For the word "crash", return each line of the data in which it occurs.

-- Extracted records follows --

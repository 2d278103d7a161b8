// Dropping a frame whose gate was never tried.
ghost use Rattle.std.specs.Prelude.{◌≡◌, ℕ, List, OnOk, IfOk, IfErr, ◌∷◌};
ghost use Rattle.site_model.specs.History.{on, synced, changes_of, Leaves};
ghost use Rattle.site_model.specs.Calls.{HasCause, Syncs};
ghost use Rattle.site_model.specs.Moments.{LeavesOnly};
ghost use Rattle.commit_log.specs.declared.header.Header.{Header};
ghost use Rattle.commit_log.specs.States.{IsBodied, IsSynced, IsBrokenBody};
ghost use Rattle.commit_log.specs.Outcomes.{AfterDrop};

use crate::states::{Bodied, BrokenBody, Resting, Synced};
use site_model::Site;

impl BrokenBody {
    /// Drops the frame: syncs the file and reads nothing, since no gate was tried. The log rests before the frame.
    pub fn drop_frame<V: Site>(self, site: &mut V) -> Result<Resting, BrokenBody>
        ensures tells { V.tells site.new → V.tells site.old }
        // A crash leaves what it could have left before.
        ensures during { V.tells site.new → LeavesOnly self.file (V.history site.old)
            (V.history site.new) (Leaves (changes_of self.file (V.history site.old))) }
        ensures after { (h : Header) (payloads : List (List ℕ))
            → IsBrokenBody (changes_of self.file (V.history site.old)) h payloads self.gate
            → AfterDrop (V.history site.new) h payloads result }
        ensures place { IfOk result (λ log. (log.file ≡ self.file) × (log.gate ≡ self.gate)) }
        ensures broken { IfErr result (λ log. (log.file ≡ self.file) × (log.gate ≡ self.gate)
            × (log.next ≡ self.next)) }
        ensures syncs { Syncs self.file (V.history site.old) (V.history site.new) result }
        ensures synced { OnOk result (V.history site.new
            ≡ on self.file synced ∷ V.history site.old) }
        ensures cause { HasCause (V.disk_faults site.old) (V.disk_faults site.new) result }
        ensures say_faults { V.say_faults site.new ≡ V.say_faults site.old }
    {
        match site.sync(self.file) {
            Ok(()) => {
                let BrokenBody {
                    file,
                    gate,
                    next: _,
                } = self;
                Ok(Resting { file, gate })
            }
            Err(_) => Err(self),
        }
    }
}

impl Bodied {
    /// Drops the frame, which is written and not yet safe.
    pub fn drop_frame<V: Site>(self, site: &mut V) -> Result<Resting, BrokenBody>
        ensures tells { V.tells site.new → V.tells site.old }
        ensures during { V.tells site.new → LeavesOnly self.file (V.history site.old)
            (V.history site.new) (Leaves (changes_of self.file (V.history site.old))) }
        ensures after { (h : Header) (payloads : List (List ℕ)) (payload : List ℕ)
            → IsBodied (changes_of self.file (V.history site.old)) h payloads payload self.gate
            self.next → AfterDrop (V.history site.new) h payloads result }
        ensures place { IfOk result (λ log. (log.file ≡ self.file) × (log.gate ≡ self.gate)) }
        ensures broken { IfErr result (λ log. (log.file ≡ self.file) × (log.gate ≡ self.gate)
            × (log.next ≡ self.next)) }
        ensures syncs { Syncs self.file (V.history site.old) (V.history site.new) result }
        ensures synced { OnOk result (V.history site.new
            ≡ on self.file synced ∷ V.history site.old) }
        ensures cause { HasCause (V.disk_faults site.old) (V.disk_faults site.new) result }
        ensures say_faults { V.say_faults site.new ≡ V.say_faults site.old }
    {
        let Bodied { file, gate, next } = self;
        BrokenBody { file, gate, next }.drop_frame(site)
    }
}

impl Synced {
    /// Drops the frame, which is safe behind its closed gate.
    pub fn drop_frame<V: Site>(self, site: &mut V) -> Result<Resting, BrokenBody>
        ensures tells { V.tells site.new → V.tells site.old }
        ensures during { V.tells site.new → LeavesOnly self.file (V.history site.old)
            (V.history site.new) (Leaves (changes_of self.file (V.history site.old))) }
        ensures after { (h : Header) (payloads : List (List ℕ)) (payload : List ℕ)
            → IsSynced (changes_of self.file (V.history site.old)) h payloads payload self.gate
            self.next → AfterDrop (V.history site.new) h payloads result }
        ensures place { IfOk result (λ log. (log.file ≡ self.file) × (log.gate ≡ self.gate)) }
        ensures broken { IfErr result (λ log. (log.file ≡ self.file) × (log.gate ≡ self.gate)
            × (log.next ≡ self.next)) }
        ensures syncs { Syncs self.file (V.history site.old) (V.history site.new) result }
        ensures synced { OnOk result (V.history site.new
            ≡ on self.file synced ∷ V.history site.old) }
        ensures cause { HasCause (V.disk_faults site.old) (V.disk_faults site.new) result }
        ensures say_faults { V.say_faults site.new ≡ V.say_faults site.old }
    {
        let Synced { file, gate, next } = self;
        BrokenBody { file, gate, next }.drop_frame(site)
    }
}
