//! Places that stand one behind another.

ghost use Rattle.std.specs.Prelude.{◌≡◌, ◌==◌, ◌++◌, ◌∷◌, [], OnOk, drop, length, slice_get};

use std::alloc::{AllocError, Global};
use std::collections::VecDeque;
use std::marker::Model;

/// Places that stand one behind another, the first one first. A contract sees the list of them.
#[derive(Drop)]
pub(crate) struct Line {
    places: VecDeque<u64>,
}

impl Model for Line {
    ghost use Rattle.std.specs.Prelude.{ℕ, List};

    ghost Value = { List ℕ };

    ghost view = { λ a. a.places.items };
}

impl Clone for Line {
    ghost is_clone = { λ line copy. copy ≡ line };

    fn clone(&self) -> Result<Self, AllocError> {
        let places = self.places.clone()?;
        Ok(Line { places })
    }
}

impl Line {
    /// No places.
    pub(crate) fn new(alloc: Global) -> Line
        ensures { result ≡ [] }
    {
        Line {
            places: VecDeque::new(alloc),
        }
    }

    /// Whether there are none.
    pub(crate) fn is_empty(&self) -> bool
        ensures { result ≡ (length self.now == 0) }
    {
        self.places.is_empty()
    }

    /// The first place.
    pub(crate) fn first(&self) -> Option<u64>
        ensures { result ≡ slice_get self.now 0 }
    {
        self.places.front().copied()
    }

    /// This place stands behind all others.
    pub(crate) fn push(&mut self, place: u64) -> Result<(), AllocError>
        ensures { OnOk result (self.new ≡ self.old ++ place ∷ []) }
    {
        self.places.push_back(place)?;
        Ok(())
    }

    /// The first place goes.
    pub(crate) fn pop(&mut self)
        ensures { self.new ≡ drop 1 self.old }
    {
        drop(self.places.pop_front());
    }
}
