//! The log of a partition: payloads in frames, each behind a gate of one byte that is open or closed.
//!
//! A payload is appended in four device calls, each a state of its own: `Resting::body` writes the frame behind the
//! closed gate, `Bodied::sync_body` makes it safe, `Synced::gate` opens the gate, and `Gated::settle` makes that
//! safe. At every moment a crash leaves the frames before, with the new one or without it: before `gate` always
//! without, after `settle` always with it.
//!
//! A call that fails hands back a log that says whether its gate was tried. Before that, `drop_frame` gives a log that rests before the
//! frame, at the price of a sync; from then on `reopen` syncs and reads the gate, which decides. What a sync makes of a log is a step of
//! its own (`Bodied::synced`, `Gated::settled`, and `failed` of both), since one call may make several files safe.
//!
//! `Resting::format` makes a new segment, and [`open_log`] opens one: it syncs the file, measures it, and reads its header.
//! [`OpenedLog::frames`] stands before the first gate, and [`LogReader::next`] gives the frame behind the next gate and a reader behind
//! that frame, or, at a closed gate, the log at rest. A reader reads ahead in pieces of 1 MiB, or of one frame where that is longer. So
//! a recovery holds one piece and one payload of each log that it reads, and never the file.
//!
//! The format is told in `docs/FORMAT.md`, and as a definition in `specs/Segment.antt`; what stands at a gate, in
//! `specs/Frames.antt`.
#![tactic(auto)]

mod after_sync;
mod ahead;
mod append;
mod dropping;
mod format;
mod frame;
mod header;
mod laws;
mod opening;
mod parse;
mod payload;
mod reader;
mod reading;
mod reopen;
mod states;

pub use header::Header;
pub use laws::the_frames_are_the_whole;
pub use opening::open_log;
pub use payload::Payload;
pub use reader::{FrameError, LogReader, Next, OpenError, OpenedLog};
pub use states::{Bodied, BodyError, BrokenBody, BrokenGate, Gated, Reopened, Resting, Synced};
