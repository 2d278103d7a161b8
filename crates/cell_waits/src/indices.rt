//! What is known of what waits without a look through the queue.

ghost use Rattle.std.specs.Prelude.{◌≡◌, ℕ, ◌+◌, List, [], ◌∷◌, ◌++◌, length, IfOk, OnOk};
ghost use Rattle.cell_waits.specs.Indices.{Agrees};
ghost use Rattle.cell_waits.specs.Waits.{Waiting, wait_of};

use crate::counts::Counts;
use crate::places::Places;
use crate::wait::{Wait, asker_of, source_of, target_of, task_of};
use std::alloc::{AllocError, Global};

/// How many packets and trims wait, and at which places requests and outcomes do.
///
/// After an Err, which is want of memory, they are only dropped.
#[derive(Drop)]
pub(crate) struct Indices {
    /// How many packets wait of the stream from each partition.
    pub(crate) packets: Counts,
    /// How many trims wait of the stream to each partition.
    pub(crate) trims: Counts,
    /// Where requests wait, by client and number.
    pub(crate) requests: Places,
    /// Where outcomes wait, by id and task.
    pub(crate) outcomes: Places,
}

impl Indices {
    /// Nothing waits.
    pub(crate) fn new(alloc: Global) -> Indices
        ensures { (first : ℕ) → Agrees result first [] }
    {
        Indices {
            packets: Counts::new(alloc),
            trims: Counts::new(alloc),
            requests: Places::new(alloc),
            outcomes: Places::new(alloc),
        }
    }

    /// This waits at a place, behind all others.
    pub(crate) fn add(&mut self, alloc: Global, wait: &Wait, place: u64) -> Result<(), AllocError>
        ensures { OnOk result ((first : ℕ) (waiting : List Waiting)
            → Agrees self.old first waiting → place ≡ first + length waiting
            → Agrees self.new first (waiting ++ wait_of wait.now ∷ [])) }
    {
        self.packets.add(source_of(wait))?;
        self.trims.add(target_of(wait))?;
        self.requests.push(alloc, asker_of(wait), place)?;
        self.outcomes.push(alloc, task_of(wait), place)?;
        Ok(())
    }

    /// This waits behind all others, of which the first is at a place and there are so many.
    pub(crate) fn add_behind(
        &mut self,
        alloc: Global,
        wait: &Wait,
        first: u64,
        count: usize,
    ) -> Result<(), AllocError>
        ensures { OnOk result ((waiting : List Waiting) → Agrees self.old first waiting
            → count ≡ length waiting → Agrees self.new first (waiting ++ wait_of wait.now ∷ [])) }
    {
        // So many don't fit into memory.
        match first.checked_add(count as u64) {
            Some(place) => self.add(alloc, wait, place),
            None => Err(AllocError),
        }
    }

    /// This, the first, doesn't wait any more.
    pub(crate) fn take(&mut self, alloc: Global, wait: &Wait) -> Result<(), AllocError>
        ensures { OnOk result ((first : ℕ) (waiting : List Waiting)
            → Agrees self.old first (wait_of wait.now ∷ waiting)
            → Agrees self.new (first + 1) waiting) }
    {
        self.packets.take(source_of(wait))?;
        self.trims.take(target_of(wait))?;
        self.requests.pop(alloc, asker_of(wait))?;
        self.outcomes.pop(alloc, task_of(wait))?;
        Ok(())
    }

    /// This, the first, which is at a place, doesn't wait any more. The place of the next is answered.
    pub(crate) fn take_first(
        &mut self,
        alloc: Global,
        wait: &Wait,
        first: u64,
    ) -> Result<u64, AllocError>
        ensures { IfOk result (λ next. (waiting : List Waiting)
            → Agrees self.old first (wait_of wait.now ∷ waiting)
            → Agrees self.new next waiting) }
    {
        // So many never come.
        match first.checked_add(1) {
            Some(next) => {
                self.take(alloc, wait)?;
                Ok(next)
            }
            None => Err(AllocError),
        }
    }
}
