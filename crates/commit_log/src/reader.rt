// A log that is read frame by frame, and what a step of reading answers.
ghost use Rattle.std.specs.Prelude.{◌+◌, ◌<◌, ◌^◌};

use crate::ahead::Ahead;
use crate::header::Header;
use crate::payload::Payload;
use crate::states::Resting;
use thiserror::Error;

/// A log whose header was read. Its frames may be read from the first on, as often as is asked, without another sync.
#[derive(Clone, Copy, PartialEq, Eq)]
pub struct OpenedLog {
    /// The file's number.
    pub file: u32,
    /// The segment's header.
    pub header: Header,
    /// How long the file was when it was opened.
    pub size: u64,
}

/// A log that is read frame by frame. It holds up to 1 MiB that it read ahead, or a frame that is longer.
#[derive(Drop)]
pub struct LogReader {
    /// The file's number.
    pub file: u32,
    /// The segment's header.
    pub header: Header,
    /// Where the next gate stands.
    pub gate: u64,
    /// How long the file was when it was opened.
    pub size: u64,
    /// What was read from the gate on.
    pub(crate) ahead: Ahead,
    ghost below: { gate + 1 < 2 ^ 31 },
}

/// What stands at the next gate.
#[derive(Drop)]
pub enum Next {
    /// A frame with this payload, and the log behind it.
    Frame(Payload, LogReader),
    /// The gate is closed: the log at rest before it.
    End(Resting),
}

/// Why a log was not opened.
#[derive(Clone, Copy, Debug, Drop, PartialEq, Eq, Error)]
pub enum OpenError {
    /// The file holds no segment yet.
    #[error("the log is fresh")]
    Fresh,
    /// The header is none of this partition's log.
    #[error("the log is damaged at offset {offset}")]
    Damaged {
        /// The first byte that is wrong or missing.
        offset: u64,
    },
    /// The disk failed.
    #[error("the disk failed")]
    SiteFault,
}

/// Why no frame was read.
#[derive(Clone, Copy, Debug, Drop, PartialEq, Eq, Error)]
pub enum FrameError {
    /// The gate is missing, or no whole frame stands behind it.
    #[error("the log is damaged at offset {offset}")]
    Damaged {
        /// The first byte that is wrong or missing.
        offset: u64,
    },
    /// The disk failed.
    #[error("the disk failed")]
    SiteFault,
    /// Memory ran out.
    #[error("out of memory")]
    Memory,
}
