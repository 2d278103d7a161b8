//! What a call over many partitions has done for its requests, once it is at rest.
//!
//! - `specs/Rested`: how it came to rest. `specs/Served`: that nothing is left to do for any request and each has its answer, or which of
//!   them is the first that waits for one; and the world that all partitions show after what was settled.
//! - `laws`: the world that they show is that of a legal run; and once they are at rest all requests are served, or the first that waits
//!   is the first whose answer wasn't said.
#![tactic(auto)]

mod laws;
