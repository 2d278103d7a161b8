// Opening a log again whose gate was tried.
ghost use Rattle.std.specs.Prelude.{◌≡◌, ◌==◌, ℕ, List, false, IfOk, IfErr, MatchBool, slice_index};
ghost use Rattle.site_model.specs.History.{changes_of, content_of, Leaves};
ghost use Rattle.site_model.specs.Calls.{HasCause, Syncs};
ghost use Rattle.site_model.specs.Moments.{LeavesOnly};
ghost use Rattle.commit_log.specs.declared.header.Header.{Header};
ghost use Rattle.commit_log.specs.Segment.{open_gate};
ghost use Rattle.commit_log.specs.States.{IsGated, IsBrokenGate};
ghost use Rattle.commit_log.specs.Outcomes.{AfterReopen};

use crate::frame::{CLOSED_GATE, OPEN_GATE};
use crate::states::{BrokenGate, Gated, Reopened, Resting};
use site_model::{Failed, Site};

/// Syncs a file, and says whether a gate in it reads open.
fn synced_gate<V: Site>(site: &mut V, file: u32, gate: u64) -> Result<bool, Failed>
    ensures tells { V.tells site.new → V.tells site.old }
    ensures either { Syncs file (V.history site.old) (V.history site.new) result }
    ensures opened { V.tells site.new → IfOk result
        (λ is_open. is_open ≡ (slice_index (content_of file (V.history site.old)) gate ==
        open_gate)) }
    ensures cause { HasCause (V.disk_faults site.old) (V.disk_faults site.new) result }
    ensures say_faults { V.say_faults site.new ≡ V.say_faults site.old }
{
    if let Err(failed) = site.sync(file) {
        return Err(failed);
    }
    let mut byte = [CLOSED_GATE];
    match site.read(file, gate, &mut byte) {
        Ok(count) => Ok(count == 1 && byte[0] == OPEN_GATE),
        Err(failed) => Err(failed),
    }
}

impl BrokenGate {
    /// Syncs the file and reads the gate. Where it reads open, the log rests behind the frame, else before it.
    pub fn reopen<V: Site>(self, site: &mut V) -> Result<Reopened, BrokenGate>
        ensures tells { V.tells site.new → V.tells site.old }
        // A crash leaves what it could have left before.
        ensures during { V.tells site.new → LeavesOnly self.file (V.history site.old)
            (V.history site.new) (Leaves (changes_of self.file (V.history site.old))) }
        ensures after { V.tells site.new → (h : Header) (payloads : List (List ℕ))
            (payload : List ℕ) → IsBrokenGate (changes_of self.file (V.history site.old)) h payloads
            payload self.gate self.next
            → AfterReopen (V.history site.new) h payloads payload result }
        ensures opened { V.tells site.new → IfOk result
            (λ found. found.settled
            ≡ (slice_index (content_of self.file (V.history site.old)) self.gate == open_gate)) }
        ensures place { IfOk result (λ found. (found.log.file ≡ self.file)
            × MatchBool found.settled (found.log.gate ≡ self.next) (found.log.gate ≡ self.gate)) }
        ensures broken { IfErr result (λ log. (log.file ≡ self.file) × (log.gate ≡ self.gate)
            × (log.next ≡ self.next)) }
        ensures syncs { Syncs self.file (V.history site.old) (V.history site.new) result }
        ensures cause { HasCause (V.disk_faults site.old) (V.disk_faults site.new) result }
        ensures say_faults { V.say_faults site.new ≡ V.say_faults site.old }
    {
        let BrokenGate { file, gate, next } = self;
        match synced_gate(site, file, gate) {
            Ok(true) => Ok(Reopened {
                log: Resting { file, gate: next },
                settled: true,
            }),
            Ok(false) => Ok(Reopened {
                log: Resting { file, gate },
                settled: false,
            }),
            Err(_) => Err(BrokenGate { file, gate, next }),
        }
    }
}

impl Gated {
    /// Opens the log again before its gate was synced. Where the gate reads open the frame is settled, else dropped.
    pub fn reopen<V: Site>(self, site: &mut V) -> Result<Reopened, BrokenGate>
        ensures tells { V.tells site.new → V.tells site.old }
        ensures during { V.tells site.new → LeavesOnly self.file (V.history site.old)
            (V.history site.new) (Leaves (changes_of self.file (V.history site.old))) }
        ensures after { V.tells site.new → (h : Header) (payloads : List (List ℕ))
            (payload : List ℕ) → IsGated (changes_of self.file (V.history site.old)) h payloads
            payload self.gate self.next
            → AfterReopen (V.history site.new) h payloads payload result }
        ensures opened { V.tells site.new → IfOk result
            (λ found. found.settled
            ≡ (slice_index (content_of self.file (V.history site.old)) self.gate == open_gate)) }
        ensures place { IfOk result (λ found. (found.log.file ≡ self.file)
            × MatchBool found.settled (found.log.gate ≡ self.next) (found.log.gate ≡ self.gate)) }
        ensures broken { IfErr result (λ log. (log.file ≡ self.file) × (log.gate ≡ self.gate)
            × (log.next ≡ self.next)) }
        ensures syncs { Syncs self.file (V.history site.old) (V.history site.new) result }
        ensures cause { HasCause (V.disk_faults site.old) (V.disk_faults site.new) result }
        ensures say_faults { V.say_faults site.new ≡ V.say_faults site.old }
    {
        let Gated { file, gate, next } = self;
        BrokenGate { file, gate, next }.reopen(site)
    }
}
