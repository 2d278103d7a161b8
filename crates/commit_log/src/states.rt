// The states of a log. Each names its file and where its gate stands. No value of them takes memory.
ghost use Rattle.std.specs.Prelude.{◌+◌, ◌<◌, ◌^◌};

use std::fmt;
use thiserror::Error;

/// At rest: behind the last frame stands a closed gate, all of it on the disk.
#[derive(Drop)]
pub struct Resting {
    /// The file's number.
    pub file: u32,
    /// Where the closed gate stands.
    pub gate: u64,
    ghost below: { gate + 1 < 2 ^ 31 },
}

/// A frame is written behind the closed gate, and a closed gate behind it.
#[derive(Drop)]
pub struct Bodied {
    /// The file's number.
    pub file: u32,
    /// Where the gate before the frame stands.
    pub gate: u64,
    /// Where the gate behind the frame stands.
    pub next: u64,
    ghost before: { gate < next },
    ghost below: { next + 1 < 2 ^ 31 },
}

/// The frame is on the disk behind the closed gate.
#[derive(Drop)]
pub struct Synced {
    /// The file's number.
    pub file: u32,
    /// Where the gate before the frame stands.
    pub gate: u64,
    /// Where the gate behind the frame stands.
    pub next: u64,
    ghost before: { gate < next },
    ghost below: { next + 1 < 2 ^ 31 },
}

/// The gate is written open, and not yet safe.
#[derive(Drop)]
pub struct Gated {
    /// The file's number.
    pub file: u32,
    /// Where the gate before the frame stands.
    pub gate: u64,
    /// Where the gate behind the frame stands.
    pub next: u64,
    ghost before: { gate < next },
    ghost below: { next + 1 < 2 ^ 31 },
}

/// Writing the frame or making it safe failed. Its gate was never tried, so no crash leaves the frame, which is only dropped.
#[derive(Drop)]
pub struct BrokenBody {
    /// The file's number.
    pub file: u32,
    /// Where the gate before the frame stands.
    pub gate: u64,
    /// Where the gate behind the frame would stand.
    pub next: u64,
    ghost before: { gate < next },
    ghost below: { next + 1 < 2 ^ 31 },
}

/// Opening the gate or making it safe failed, and the frame may be there or not. Such a log is only opened again.
#[derive(Drop)]
pub struct BrokenGate {
    /// The file's number.
    pub file: u32,
    /// Where the gate before the frame stands.
    pub gate: u64,
    /// Where the gate behind the frame would stand.
    pub next: u64,
    ghost before: { gate < next },
    ghost below: { next + 1 < 2 ^ 31 },
}

/// What `reopen` found.
#[derive(Drop)]
pub struct Reopened {
    /// The log behind the frame where the gate reads open, else before it.
    pub log: Resting,
    /// Whether the gate reads open, so that the frame is settled. Else it is dropped.
    pub settled: bool,
}

/// Why no frame was written.
#[derive(Drop, Error)]
pub enum BodyError {
    /// The file would come to this length, which is not below the limit. Nothing was written.
    #[error("the log would come to {length} bytes")]
    Full {
        /// The length that the file would have.
        length: u64,
        /// The log as it was.
        log: Resting,
    },
    /// The write failed.
    #[error("the disk failed")]
    SiteFault(BrokenBody),
    /// Memory ran out. Nothing was written.
    #[error("out of memory")]
    Memory(Resting),
}

// Each error has a debug form, and the message serves.
impl fmt::Debug for BodyError {
    fn fmt<W: fmt::Write>(&self, f: &mut fmt::Formatter<W>) -> fmt::Result {
        fmt::Display::fmt(self, f)
    }
}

-- Extracted records concluded --

## Your response
        // A crash leaves what it could have left before.
//! safe. At every moment a crash leaves the frames before, with the new one or without it: before `gate` always
        // A crash leaves what it could have left before.
/// Writing the frame or making it safe failed. Its gate was never tried, so no crash leaves the frame, which is only dropped.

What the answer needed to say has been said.